Als die Vögel sich von einer Seite zur anderen neigten, sahen sie wie kleine Papierflugzeuge aus und durchschnitten die Luft in einer klaren Linie, während sich das Licht in ihren glänzenden Flügeln fing, als wären sie aus Glas.
«Küstenseeschwalben!», wiederholte Natasha und hob voller Ehrfurcht die Magie, die in ihrem Namen lag hervor, weil sie einen Vogel zu sehen bekam, mit dem sie nicht gerechnet hatte.
An diesem Abend räumten sie zwei Betten in Tante Marthas Zimmer, sodass Marlin und Fiona, die gerne länger wachblieben, lasen und noch redeten, Charlie und Natasha nicht störten, wenn diese eingeschlafen waren. Als sie im Bett lagen, legte Marlin plötzlich ihr Buch weg: «Das klappt nie. Dafür kann echt zu viel schiefgehen.»
«Es muss klappen», erwiderte Fiona. «Wir haben keine andere Wahl.»
«Muss und wird sind zwei verschiedene Dinge», sagte Marlin praktisch wie immer.
«Du musst dran glauben, Marl. Nur mit meiner eigenen Hoffnung kann ich uns nicht weiterbringen.»
«Okay», versprach Marlin – gerührt von dem Vertrauen ihrer Schwester. Insgeheim dachte sie jedoch: Ich behaupte, dass ich daran glaube, aber das heißt nicht, dass ich wirklich daran glaube, genauso wenig wie daran, muss klappen und wird klappen wären dasselbe.
Fiona plagte derweil der Gedanke, dass sie eine Trennung von ihren Schwestern nicht ertragen würde. Jede von ihnen hatte ihre Eigenarten und Eigenschaften, die miteinander verschmolzen waren, als bildeten sie gemeinsam eine Einheit. Ein Wesen. Fiona glaubte seit jeher, dass sie mit der Macht ihrer Entschlossenheit die retten konnte, die sie liebte, während Charlie wie der Wachhund der Familie stets auf drohende Gefahren achtete. Natasha schwebte wie eine Dichterin durchs Leben, beobachtete Vögel, sah die Dinge stets in einem anderen Licht, und lebte im Hier und Jetzt, ohne darüber nachzudenken, was als Nächstes geschah. Marlin dagegen stand mit beiden Beinen hartnäckig auf dem Boden der Tatsachen. Es war, als ob sie jene Eigenschaften miteinander teilten, die die jeweils anderen nicht hatten. Und alle hatten ihre guten und ihre schlechten Seiten.
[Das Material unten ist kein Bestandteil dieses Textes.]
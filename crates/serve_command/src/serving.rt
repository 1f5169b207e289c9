//! The command `serve`: from the texts of a farm to the end of its run.

ghost use Rattle.std.specs.Prelude.{◌≡◌, ◌+◌, ◌^◌, ◌-◌, min, IfErr, IfOk};
ghost use Rattle.serve_command.specs.Farm as farms;
ghost use Rattle.serve_command.specs.Serving as spec;

use crate::books::Books;
use crate::farm::{Farm, FarmTexts};
use crate::farm_jobs::FarmSource;
use crate::host::FarmHost;
use crate::last_jobs::LastJobs;
use crate::page_door::PageDoor;
use crate::reporting::{Outlook, Reporting};
use farm_hosts::{FileRoom, Hosts, ThreadRoom};
use farm_notes::Tally;
use page_server::{MOST_PEERS, PageTimes};
use plan_commands::{Exit, Fault};
use pool_supervisor::{ArenaPlanner, Lent, RunEnd, run_until_ended};
use run_command::{Route, text_ms, write_ms};
use std::alloc::{AllocError, Global};
use std::sync::Mutex;
use unserved_jobs::{UnreadJobs, UnservedJobs};

/// For how many milliseconds more than workers may take to end a drain waits for the end of the farm.
const DRAIN_MS: u32 = 60_000;

/// A farm that ended.
#[derive(Drop)]
pub struct FarmEnd {
    /// What its run came to.
    pub run: RunEnd,
    /// What its attempts came to.
    pub outlook: Outlook,
}

/// How many milliseconds workers may take to end: to open a connection, to do a job, and to write its answer and what comes after it. The
/// first write of an answer, the last one, and that of what comes after it each may take as long as a write may.
fn end_ms(farm: &Farm) -> u32
    ensures { result ≡ spec.end_ms farm.now }
{
    let settings = &farm.settings;
    farm.services
        .connect_ms()
        .saturating_add(settings.job_timeout_ms())
        .saturating_add(text_ms(settings))
        .saturating_add(write_ms(settings).saturating_mul(3))
}

/// The times that the page of a farm goes by.
fn page_times(farm: &Farm) -> PageTimes
    ensures round { result.round_ms ≡ farm.now.settings.round_ms }
    ensures drain { result.drain_ms ≡ min (spec.end_ms farm.now + 60000) (2 ^ 32 - 1) }
{
    PageTimes {
        round_ms: farm.settings.round_ms(),
        drain_ms: end_ms(farm).saturating_add(DRAIN_MS),
    }
}

/// Runs a farm until its host says that it has to end.
fn run_until_end<'x, H: FarmHost>(
    host: &'x H,
    alloc: Global,
    farm: &'x Farm,
) -> Result<FarmEnd, AllocError>
    ensures { IfOk result (λ ended. spec.IsFarmRun farm.now ended.run) }
{
    let settings = farm.settings.copy(alloc)?;
    let route = Route::new(host, alloc, &settings)?;
    let planner = ArenaPlanner::new(alloc);
    let hosts = Hosts::new(alloc, settings.machines(), settings.round_ms())?;
    let unserved = Mutex::new(UnservedJobs::new(alloc)?);
    let unread = Mutex::new(UnreadJobs::new());
    let tally = Tally::new(alloc, settings.functions())?;
    let last_jobs = LastJobs::new(alloc, settings.slots())?;
    let peers = farm.services.page().map_or(0, |_| MOST_PEERS);
    let files = FileRoom::new(settings.slots(), peers);
    let threads = ThreadRoom::new();
    let books = Books {
        farm,
        hosts: &hosts,
        unserved: &unserved,
        unread: &unread,
        tally: &tally,
        last_jobs: &last_jobs,
        files: &files,
        threads: &threads,
    };
    let source = FarmSource { host, alloc, books };
    let door = farm
        .services
        .page()
        .map(|page| PageDoor::new(page, page_times(farm)));
    host.tell_start();
    if let Some(door) = &door {
        let came = host.open_page(door.page, door.times);
        host.tell_if(door.note_try(host, alloc, &came));
    }
    let watch = Reporting::new(host, alloc, books, door);
    host.note_stage(watch.stage(host.is_to_end()));
    let lent = Lent {
        rt: &watch,
        alloc,
        watch: &watch,
        jobs: &source,
    };
    let (run, _route) = run_until_ended(lent, route, &planner, settings)?;
    Ok(FarmEnd {
        run,
        outlook: watch.outlook(),
    })
}

/// Runs the farm of these texts: a session in a thread for each worker of the settings, whose jobs are done by the service of its
/// machine, and attempts to plan, one after the other, until the host says that the farm has to end. Then each session is told to stop,
/// all are joined, and what the run came to is told. Each attempt and each end of a worker is told to the host in a line when it comes.
///
/// The fault is the first mistake of the settings, or else that of the services; nothing is dialled then. It is `Memory` if memory is
/// refused, so that the run cannot go on; then its sessions are ended too. If no thread can be started for a worker, its slot stays empty
/// for some attempts.
pub fn run_farm<H: FarmHost>(
    host: &H,
    alloc: Global,
    texts: FarmTexts<'_>,
) -> Result<FarmEnd, Fault>
    ensures run { IfOk result (λ ended. spec.IsFarmRunBy texts.entry.settings.now texts.entry.services.now ended.run) }
    ensures kept { IfErr result (farms.IsRefused texts.entry.settings.now texts.entry.services.now) }
{
    let farm = Farm::read(alloc, texts)?;
    Ok(run_until_end(host, alloc, &farm)?)
}

/// [`run_farm`] as a command. Its status is 0 if each round had a plan; 1 if only some had one; 5 if no attempt ever led to a plan; 6 if a
/// slot has had all the workers that it can have, which ends the farm; and 3 or 4 with its fault.
pub fn serve_farm<H: FarmHost>(host: &H, alloc: Global, texts: FarmTexts<'_>) -> Exit
    ensures serves { spec.Serves texts.entry.settings.now texts.entry.services.now result }
{
    match run_farm(host, alloc, texts) {
        Ok(ended) => Exit::answered(ended.outlook.status()),
        Err(fault) => Exit::refused(fault),
    }
}
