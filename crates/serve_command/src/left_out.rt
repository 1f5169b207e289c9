//! The line that says how many lines were left out.

use arrayvec::ArrayString;
use run_command::time_in_seconds;
use std::fmt;
use std::fmt::Write;
use std::time::Clock;

/// Room for the line: a line feed, the time of any year, the words, and any number.
const ROOM: usize = 96;

/// The line of so many lines that were left out, with a time or without.
fn write_count<R: Clock>(line: &mut ArrayString<ROOM>, rt: &R, count: u64) -> fmt::Result {
    match time_in_seconds(rt) {
        Some(time) => write!(line, "{time}")?,
        None => write!(line, "-")?,
    }
    write!(line, " left out {count} lines\n")
}

/// The line of so many lines that were left out, after the time as each other line is, with its line feed. If what is before it may be a
/// line in part, it begins with a line feed too. It takes no memory.
pub fn left_out_line<R: Clock>(rt: &R, count: u64, is_after_part: bool) -> ArrayString<ROOM> {
    let mut line = ArrayString::new();
    if is_after_part {
        let _ = line.try_push_str("\n");
    }
    // There is room for all of it.
    let _ = write_count(&mut line, rt, count);
    line
}
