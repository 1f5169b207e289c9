//! Lines on their way to whoever reads them.

use crate::left_out::left_out_line;
use std::alloc::{AllocError, Global};
use std::collections::VecDeque;
use std::io::{ErrorKind, Write};
use std::sync::{Condvar, Mutex, Wait};
use std::time::{Clock, Duration};
use std::{io, thread};

/// How many lines wait at most. Whoever reads them may fall behind so far, and no line is left out.
const MOST_WAITING: usize = 4_096;

/// For how many milliseconds an output that has no room now is left alone.
const NO_ROOM_MS: u64 = 10;

/// The lines that wait.
#[derive(Drop)]
struct Waiting {
    lines: VecDeque<String>,
    /// How many lines were left out since the last one that was taken.
    left_out: u64,
    /// The lines that come after all of these.
    last: VecDeque<String>,
    /// No more lines come.
    is_closed: bool,
    /// The last one was taken.
    is_done: bool,
}

/// What is taken from a queue.
#[derive(Debug, PartialEq, Eq, Drop)]
pub enum Taken {
    /// The next line.
    Line(String),
    /// So many lines were left out here: there was no room for them, or no memory.
    LeftOut(u64),
}

/// Lines on their way to a thread that writes them. Whoever puts one in never waits for that thread: a line that finds 4,096 before it is
/// left out, and counted, but for the last lines.
#[derive(Drop)]
pub struct LineQueue {
    waiting: Mutex<Waiting>,
    changed: Condvar,
}

impl LineQueue {
    /// A queue without lines.
    pub fn new(alloc: Global) -> LineQueue {
        LineQueue {
            waiting: Mutex::new(Waiting {
                lines: VecDeque::new(alloc),
                left_out: 0,
                last: VecDeque::new(alloc),
                is_closed: false,
                is_done: false,
            }),
            changed: Condvar::new(),
        }
    }

    /// Puts in a line, or counts one for which there is no memory.
    pub fn put<R: Wait>(&self, rt: &R, line: Result<String, AllocError>) {
        let mut held = self.waiting.lock(rt);
        if !held.put(line) {
            held.left_out = held.left_out.saturating_add(1);
        }
        self.changed.notify_all();
    }

    /// Puts in one of the last lines, which comes after all others, however many wait, or counts one for which there is no memory.
    pub fn put_last<R: Wait>(&self, rt: &R, line: Result<String, AllocError>) {
        let mut held = self.waiting.lock(rt);
        if !held.put_last(line) {
            held.left_out = held.left_out.saturating_add(1);
        }
        self.changed.notify_all();
    }

    /// The next line, or how many were left out before it. It waits for one. None if the queue is closed and all were taken.
    pub fn take<R: Wait>(&self, rt: &R) -> Option<Taken> {
        let held = self.waiting.lock(rt);
        let mut held = self.changed.wait_while(
            rt,
            held,
            |waiting| waiting.is_empty() && !waiting.is_closed,
        );
        let taken = held.take();
        held.is_done = taken.is_none();
        self.changed.notify_all();
        taken
    }

    /// Says that no more lines come, and waits until all were taken, but no longer than so many milliseconds.
    pub fn close<R: Wait + Clock>(&self, rt: &R, milliseconds: u32) {
        let mut held = self.waiting.lock(rt);
        held.is_closed = true;
        self.changed.notify_all();
        let most = Duration::from_millis(milliseconds as u64);
        let _ = self
            .changed
            .wait_timeout_while(rt, held, most, |waiting| !waiting.is_done);
    }
}

impl Waiting {
    fn is_empty(&self) -> bool {
        self.lines.is_empty() && self.left_out == 0 && self.last.is_empty()
    }

    /// Puts in a line. Whether it was put in. After lines that were left out none comes before their number was taken, so that this
    /// stands where they would.
    fn put(&mut self, line: Result<String, AllocError>) -> bool {
        match line {
            Ok(line) if self.left_out == 0 && self.lines.len() < MOST_WAITING => {
                self.lines.push_back(line).is_ok()
            }
            _ => false,
        }
    }

    /// Puts in one of the last lines. Whether it was put in.
    fn put_last(&mut self, line: Result<String, AllocError>) -> bool {
        match line {
            Ok(line) => self.last.push_back(line).is_ok(),
            Err(_) => false,
        }
    }

    /// What comes next.
    fn take(&mut self) -> Option<Taken> {
        if let Some(line) = self.lines.pop_front() {
            return Some(Taken::Line(line));
        }
        if self.left_out == 0 {
            return self.last.pop_front().map(Taken::Line);
        }
        let left_out = self.left_out;
        self.left_out = 0;
        Some(Taken::LeftOut(left_out))
    }
}

/// Writes this text, in one write if the output takes it whole. An output that does not block is waited for, as one that blocks waits.
fn write_whole<R: Clock, W: Write>(rt: &R, output: &mut W, text: &[u8]) -> io::Result<()> {
    let mut left = text;
    for _ in 0..u64::MAX {
        if left.is_empty() {
            return Ok(());
        }
        match output.write(left) {
            Ok(0) => return Err(ErrorKind::WriteZero.into()),
            Ok(count) => left = left.get(count..).unwrap_or(&[]),
            Err(error) => match error.kind() {
                ErrorKind::Interrupted => {}
                ErrorKind::WouldBlock => {
                    thread::sleep(rt, Duration::from_millis(NO_ROOM_MS));
                }
                _ => return Err(error),
            },
        }
    }
    Err(ErrorKind::TimedOut.into())
}

/// Lines that were not written, and are not told yet.
#[derive(Clone, Copy)]
struct Untold {
    /// How many.
    count: u64,
    /// The last that was written may be there in part.
    may_be_cut: bool,
}

impl Untold {
    /// None yet.
    fn none() -> Untold {
        Untold {
            count: 0,
            may_be_cut: false,
        }
    }

    /// So many more.
    fn add(&mut self, count: u64) {
        self.count = self.count.saturating_add(count);
    }

    /// Writes this text. If it cannot be written it may be there in part.
    fn write<R: Clock, W: Write>(&mut self, rt: &R, output: &mut W, text: &[u8]) -> io::Result<()> {
        let written = write_whole(rt, output, text);
        self.may_be_cut = written.is_err();
        written
    }

    /// Writes how many there are, if there are any. If that cannot be written they stay counted.
    fn tell<R: Clock, W: Write>(&mut self, rt: &R, output: &mut W) -> io::Result<()> {
        if self.count == 0 {
            return Ok(());
        }
        let line = left_out_line(rt, self.count, self.may_be_cut);
        self.write(rt, output, line.as_bytes())?;
        self.count = 0;
        Ok(())
    }

    /// Writes a line after the number of those that were left out before it. If that cannot be written the line is one of them.
    fn write_line<R: Clock, W: Write>(&mut self, rt: &R, output: &mut W, line: &str) {
        let told = self.tell(rt, output);
        if told.is_err() || self.write(rt, output, line.as_bytes()).is_err() {
            self.add(1);
        }
    }
}

/// Writes each line of the queue, each in one write if the output takes it whole, and how many were left out, until the queue is closed and
/// all lines were taken. What cannot be written is lost and counted. A line after it is tried once that number could be written, which
/// takes no memory.
pub fn write_lines<R: Wait + Clock, W: Write>(rt: &R, queue: &LineQueue, output: &mut W) {
    let mut untold = Untold::none();
    for _ in rt.forever() {
        match queue.take(rt) {
            Some(Taken::Line(line)) => untold.write_line(rt, output, line.as_str()),
            Some(Taken::LeftOut(count)) => {
                untold.add(count);
                let _ = untold.tell(rt, output);
            }
            None => {
                let _ = untold.tell(rt, output);
                return;
            }
        }
    }
}
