//! The command `serve` as a call over the texts of settings and services and a host: a farm, whose hosts do its jobs.
#![tactic(auto)]

mod addresses;
mod books;
mod farm;
mod farm_jobs;
mod host;
mod job_lines;
mod last_jobs;
mod left_out;
mod line_queue;
mod manager;
mod page_door;
mod reporting;
mod serving;
mod signals;
mod system;

pub use books::Books;
pub use farm::{Farm, FarmTexts};
pub use farm_jobs::{FarmJobs, FarmSource};
pub use host::FarmHost;
pub use job_lines::{Uncompleted, failure_line, lost_job, uncompleted_job, why_not_completed};
pub use last_jobs::{AnsweredJob, LastJobs};
pub use line_queue::{LineQueue, Taken, write_lines};
pub use manager::{FarmManager, Stage};
pub use page_door::PageDoor;
pub use page_server::{EndFlag, SharedPage, end_with_input, serve_page};
pub use reporting::Outlook;
pub use serving::{FarmEnd, run_farm, serve_farm};
pub use signals::{drain_at_signals, signals_line};
pub use system::{Edges, FarmSystem};
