//! Jobs that were not completed, and their lines.

use crate::farm::Farm;
use crate::last_jobs::AnsweredJob;
use farm_page::{FailureEnd, FailureView};
use gear_packets::{Assignment, Handle};
use http_jobs::{NotDone, Reply};
use job_runner::{EndCause, Note, Outcome};
use percent_encoding::{AsciiSet, CONTROLS, ascii_set, percent_encode};
use refusal::Labelled;
use std::alloc::{AllocError, Global};
use worker_state::WorkerName;

/// What is percent-encoded in a word: what would end the word or the line, and the sign of the encoding. Bytes above 127 always are.
const WORD: AsciiSet = ascii_set!(CONTROLS.add(b' ').add(b'%'));

/// How many bytes of a name are told at most.
const LONGEST_NAME: usize = 256;

/// How many bytes are shown at most of what a service said of a job.
const LONGEST_SAYING: usize = 200;

/// Why a job of such a function failed: no service was asked.
const NO_PATH: &str = "the function has no path";

/// A job that was not completed.
#[derive(Drop)]
pub struct Uncompleted {
    /// What the page shows of it.
    pub view: FailureView,
    /// Why it failed or was lost, in words.
    pub why: String,
}

/// These bytes as one word, and `-` if there are none.
fn word(alloc: Global, bytes: &[u8]) -> Result<String, AllocError> {
    if bytes.is_empty() {
        return String::from_str(alloc, "-");
    }
    let told = bytes.len().min(LONGEST_NAME);
    let mut word = String::new(alloc);
    percent_encode(&bytes[..told], WORD).append_to(&mut word)?;
    Ok(word)
}

/// As much of a name as is told, in no more memory than that takes: nothing of a longer name if there is none for its beginning.
pub fn told_part(alloc: Global, name: Vec<u8>) -> Vec<u8> {
    if name.len() <= LONGEST_NAME {
        return name;
    }
    let told = name.len().min(LONGEST_NAME);
    Vec::from_slice(alloc, &name[..told]).unwrap_or_else(|_| Vec::new(alloc))
}

/// How a job failed: with the beginning of the first warning, if its service gave one.
fn end_of_failed(alloc: Global, outcome: &Outcome) -> Result<FailureEnd, AllocError> {
    let Some(Note::Warning(warning)) = outcome.notes.first() else {
        return Ok(FailureEnd::Failed);
    };
    let shown = warning.len().min(LONGEST_SAYING);
    let words = String::from_utf8_lossy(alloc, &warning[..shown])?;
    Ok(FailureEnd::Said(words))
}

/// How a job ended that failed or was lost. The only error is out of memory.
fn failure_end(
    alloc: Global,
    done: &Result<Option<Reply>, NotDone>,
) -> Result<FailureEnd, AllocError> {
    match done {
        Ok(Some(reply)) => end_of_failed(alloc, &reply.outcome),
        Ok(None) => Ok(FailureEnd::Failed),
        Err(why) => Ok(FailureEnd::Lost(format!(in alloc; "{why}")?)),
    }
}

/// Why a job was not completed, in words, if it was not: the status of its service's response, or what was wrong with the response, or why
/// none came. The only error is out of memory.
pub fn why_not_completed(
    alloc: Global,
    done: &Result<Option<Reply>, NotDone>,
) -> Result<Option<String>, AllocError> {
    let why = match done {
        Ok(Some(reply)) => match reply.failure {
            None => return Ok(None),
            Some(why) => format!(in alloc; "{why}")?,
        },
        Ok(None) => String::from_str(alloc, NO_PATH)?,
        Err(why) => format!(in alloc; "{why}")?,
    };
    Ok(Some(why))
}

/// The names of a job.
#[derive(Clone, Copy)]
struct JobNames<'j> {
    handle: &'j Handle,
    unique: &'j [u8],
    function: &'j [u8],
}

/// What the page shows of a job that ended so at the worker of this name. Of its own names each is one word: at most 256 bytes,
/// percent-encoded if they are not visible characters. Its time is not known yet. The only error is out of memory.
fn failure_view(
    alloc: Global,
    job: JobNames<'_>,
    worker: String,
    end: FailureEnd,
) -> Result<FailureView, AllocError> {
    Ok(FailureView {
        time: String::from_str(alloc, "-")?,
        handle: word(alloc, job.handle.bytes())?,
        unique: word(alloc, job.unique)?,
        function: word(alloc, job.function)?,
        worker,
        end,
    })
}

/// A job of this worker, if it was not completed. The only error is out of memory.
pub fn failure_of(
    alloc: Global,
    farm: &Farm,
    worker: WorkerName,
    job: &Assignment,
    done: &Result<Option<Reply>, NotDone>,
) -> Result<Option<Uncompleted>, AllocError> {
    let name = farm.name_of(alloc, worker)?;
    uncompleted_job(alloc, name, job, done)
}

/// A job of the worker of this name, if it was not completed. The only error is out of memory.
pub fn uncompleted_job(
    alloc: Global,
    worker: String,
    job: &Assignment,
    done: &Result<Option<Reply>, NotDone>,
) -> Result<Option<Uncompleted>, AllocError> {
    let Some(why) = why_not_completed(alloc, done)? else {
        return Ok(None);
    };
    let end = failure_end(alloc, done)?;
    let names = JobNames {
        handle: &job.handle,
        unique: &job.unique,
        function: &job.function,
    };
    let view = failure_view(alloc, names, worker, end)?;
    Ok(Some(Uncompleted { view, why }))
}

/// A job that its service answered, and whose worker, of this name, ended for this cause before the job server had the answer. The only
/// error is out of memory.
pub fn lost_job(
    alloc: Global,
    worker: String,
    job: &AnsweredJob,
    cause: EndCause,
) -> Result<Uncompleted, AllocError> {
    let why = String::from_str(alloc, cause.label().name())?;
    let end = FailureEnd::Lost(String::from_str(alloc, why.as_str())?);
    let names = JobNames {
        handle: &job.handle,
        unique: &job.unique,
        function: &job.function,
    };
    let view = failure_view(alloc, names, worker, end)?;
    Ok(Uncompleted { view, why })
}

/// The names of a job, each as one word: its handle, its unique id and its function. The only error is out of memory.
pub fn job_words(alloc: Global, job: &AnsweredJob) -> Result<String, AllocError> {
    let handle = word(alloc, job.handle.bytes())?;
    let unique = word(alloc, &job.unique)?;
    let function = word(alloc, &job.function)?;
    format!(in alloc; "{handle} {unique} {function}")
}

/// The line of a job, if it was not completed.
pub fn line_of(
    alloc: Global,
    failure: &Result<Option<Uncompleted>, AllocError>,
) -> Option<Result<String, AllocError>> {
    match failure {
        Ok(Some(failure)) => Some(failure_line(alloc, failure)),
        Ok(None) => None,
        Err(_) => Some(Err(AllocError)),
    }
}

/// The line of a job that was not completed: its handle, its unique id, its function and the worker, and why it failed or was lost, as
/// `failed H:srv:12 order-7 resize north/0#3: status 404`. The only error is out of memory.
pub fn failure_line(alloc: Global, failure: &Uncompleted) -> Result<String, AllocError> {
    let Uncompleted { view, why } = failure;
    let ended = match &view.end {
        FailureEnd::Failed | FailureEnd::Said(_) => "failed",
        FailureEnd::Lost(_) => "lost",
    };
    let handle = &view.handle;
    let unique = &view.unique;
    let function = &view.function;
    let worker = &view.worker;
    format!(in alloc; "{ended} {handle} {unique} {function} {worker}: {why}")
}
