//! A load, read from a source.

ghost use Rattle.std.specs.Prelude.{◌≡◌, ◌≢◌, ◌-◌, ◌^◌, ◌<◌, ◌≤◌, Err, IfErr, IfOk, IfSome, Ok, length, max};
ghost use Rattle.byte_io.specs.Pieces.{IsPiece};
ghost use Rattle.byte_io.specs.Sides.{Meets, Met};
ghost use Rattle.gear_status.specs.Status.{status};
ghost use Rattle.gear_status.specs.Stream.{AnswersStatus, AnswersWithin};

use crate::reader::Unfinished;
use crate::{Load, StatusError};
use byte_io::{DeviceFault, Patience, Source};
use std::alloc::Global;

/// The most bytes of one read.
const PIECE: usize = 4096;

/// Reads the job server's answer to `status` from a source: one line `NAME TAB TOTAL TAB RUNNING TAB AVAILABLE_WORKERS` for
/// each function, and a last line that holds one period (Gearman's PROTOCOL document, "Administrative Protocol").
///
/// A line ends with a line feed, and one carriage return directly before it is dropped. The name is all before the third tab
/// from the right, any bytes, also none. Counts are decimal, up to 4,294,967,295, leading zeros allowed. A name that comes again
/// replaces its counts and keeps its place. A line has at most 4,096 bytes before its line feed, and there are at most 65,536
/// lines before the period line, so the load and one line bound the memory.
///
/// The source's pieces do not matter. At most 4,096 bytes are taken at a time. No read is made once the period line or a fault
/// has come, and what was read after it is not looked at. `ReadFault` is answered exactly if the source failed in this call,
/// or timed out for the 65th time in it, before its bytes decided: after the first failure nothing is read.
pub fn read_status<S: Source>(alloc: Global, source: &mut S) -> Result<Load, StatusError>
    requires count { (S.input source.old).failures < 2 ^ 64 - 1 }
    ensures answers { (met : Met) × Meets (S.input source.old) met (S.input source.new) × AnswersStatus met result }
{
    let mut buffer = [0u8; PIECE];
    let mut text = Unfinished::new(alloc);
    let mut patience = Patience::new();
    while let Some(count) = patience.read(source, &mut buffer)? {
        if text.feed(&buffer[..count])? {
            return Ok(text.into_load());
        }
    }
    Err(StatusError::Truncated)
}

/// As `read_status`, from no more than `limit` bytes. None if so many hold neither a fault nor the line feed of the period
/// line, and another byte comes.
pub fn read_status_within<S: Source>(
    alloc: Global,
    source: &mut S,
    limit: u64,
) -> Result<Option<Load>, StatusError>
    requires count { (S.input source.old).failures < 2 ^ 64 - 1 }
    ensures answers { (met : Met) × Meets (S.input source.old) met (S.input source.new) × AnswersWithin limit met result }
{
    let mut buffer = [0u8; PIECE];
    let mut text = Unfinished::new(alloc);
    let mut patience = Patience::new();
    let mut left = limit;
    while let Some(count) = read_up_to(left, &mut patience, source, &mut buffer)? {
        if left == 0 {
            return Ok(None);
        }
        left -= count as u64;
        if text.feed(&buffer[..count])? {
            return Ok(Some(text.into_load()));
        }
    }
    Err(StatusError::Truncated)
}

/// The load of a status text that is there whole, by the same rules. `ReadFault` never comes.
pub fn load_of(alloc: Global, text: &[u8]) -> Result<Load, StatusError>
    ensures ok { IfOk result (λ load. status text.now ≡ Ok load) }
    ensures refused { IfErr result (λ e. e ≢ StatusError.Memory → status text.now ≡ Err e) }
    ensures no_device { IfErr result (λ e. e ≢ StatusError.ReadFault) }
{
    let mut unfinished = Unfinished::new(alloc);
    if unfinished.feed(text)? {
        Ok(unfinished.into_load())
    } else {
        Err(StatusError::Truncated)
    }
}

/// Reads a piece of no more than so many bytes, or of one if none are left: whether it comes distinguishes a text that ends at a limit
/// from a longer one.
fn read_up_to<S: Source>(
    left: u64,
    patience: &mut Patience,
    source: &mut S,
    buffer: &mut [u8],
) -> Result<Option<usize>, DeviceFault>
    requires room { 0 < length buffer.old }
    requires count { (S.input source.old).failures < 2 ^ 64 - 1 }
    ensures within { IfOk result (λ piece. IfSome piece (λ n. n ≤ max left 1)) }
    ensures piece { (met : Met) × Meets (S.input source.old) met (S.input source.new)
        × IsPiece patience.old met buffer.new result patience.new }
{
    let room = left.max(1).min(buffer.len() as u64) as usize;
    patience.read(source, &mut buffer[..room])
}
Doch Fiona würde keine von ihnen ändern wollen. Fiona wollte um nichts in der Welt von ihnen getrennt sein. Sie fürchtete die Einsamkeit für sich selbst, aber noch mehr für ihre Schwestern. Es war furchtbar, sich den Schmerz, den sie deswegen empfinden würde, überhaupt nur vorzustellen, doch der Schmerz, den die anderen erleiden würden, war noch undenkbarer.